CEDIA Heroin Metabolite (6-AM) Assay

K-Number: K173183 · 2017-11-22

ApplicantMicrogenics Corporation
Decision Date2017-11-22
Product CodeDJG
Advisory CommitteeTX
DecisionSubstantially Equivalent

Device Summary

CEDIA Heroin Metabolite (6-AM) Assay is a medical device manufactured by Microgenics Corporation. It received FDA 510(k) clearance on 2017-11-22 under approval number K173183. The device is classified under product code DJG. It was reviewed by the TX advisory panel. FDA Decision: Substantially Equivalent.
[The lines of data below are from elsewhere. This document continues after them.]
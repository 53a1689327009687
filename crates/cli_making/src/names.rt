//! The names of lines as text, of which a path is.
ghost use Rattle.std.specs.Prelude.{◌≡◌, ◌<◌, ◌^◌, ◌⊎◌, IfErr, IfOk, OnOk, IsUtf8, length};
ghost use Rattle.std.specs.Str.{is_utf8};
ghost use Rattle.cli_making.specs.Sums.{AreNamed, IsMisnamed};

use cli_failures::Failure;
use evidence_sums::{Sum, Sums, SumsFault, SumsRule};
use std::alloc::{AllocError, Global};
use std::str;

/// Whether octets are text.
#[tactic(auto, using(crate::proofs::Texts::is_text, crate::proofs::Texts::is_no_text))]
fn is_text(octets: &[u8]) -> bool
    ensures { result ≡ is_utf8 octets.now }
{
    match str::from_utf8(octets) {
        Ok(_) => true,
        Err(_) => false,
    }
}

/// The text of octets.
pub fn text_of(octets: &[u8]) -> &str
    requires { IsUtf8 octets.now }
    ensures { result.now ≡ octets.now }
{
    let Ok(text) = str::from_utf8(octets) else {
        unreachable!();
    };
    text
}

/// Whether the name of a line is text.
///
/// Errors: memory is refused.
pub fn has_text(alloc: Global, sum: &Sum) -> Result<bool, AllocError>
    ensures { IfOk result (λ has. has ≡ is_utf8 sum.now.name) }
{
    if let Some(name) = sum.plain_name() {
        return Ok(is_text(name));
    }
    let name = sum.name(alloc)?;
    Ok(is_text(name.as_slice()))
}

/// Tests whether the names of all lines are text.
///
/// Errors: U5 with the first line whose name is none; memory is refused.
pub fn test_names<'a>(alloc: Global, sums: &Sums) -> Result<(), Failure<'a>>
    requires { length sums.now < 2 ^ 63 }
    ensures named { OnOk result (AreNamed sums.now) }
    ensures refused { IfErr result (λ f. (f ≡ Failure.Memory) ⊎ IsMisnamed sums.now f) }
{
    let mut line = 1;
    let mut left = sums.again();
    while let Some((sum, others)) = left.next() {
        if !has_text(alloc, &sum)? {
            let rule = SumsRule::Name;
            return Err(Failure::Sums(SumsFault { rule, line }));
        }
        line += 1;
        left = others;
    }
    Ok(())
}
Frequently Asked Questions

What is the CEDIA Heroin Metabolite (6-AM) Assay?

CEDIA Heroin Metabolite (6-AM) Assay is a medical device that received FDA 510(k) clearance on 2017-11-22. It is manufactured by Microgenics Corporation. The 510(k) number is K173183.

When was CEDIA Heroin Metabolite (6-AM) Assay approved by the FDA?

CEDIA Heroin Metabolite (6-AM) Assay received FDA 510(k) clearance on 2017-11-22, under approval number K173183.

What company makes CEDIA Heroin Metabolite (6-AM) Assay?

CEDIA Heroin Metabolite (6-AM) Assay is manufactured by Microgenics Corporation.

What is the FDA product code for CEDIA Heroin Metabolite (6-AM) Assay?

The FDA product code for CEDIA Heroin Metabolite (6-AM) Assay is DJG.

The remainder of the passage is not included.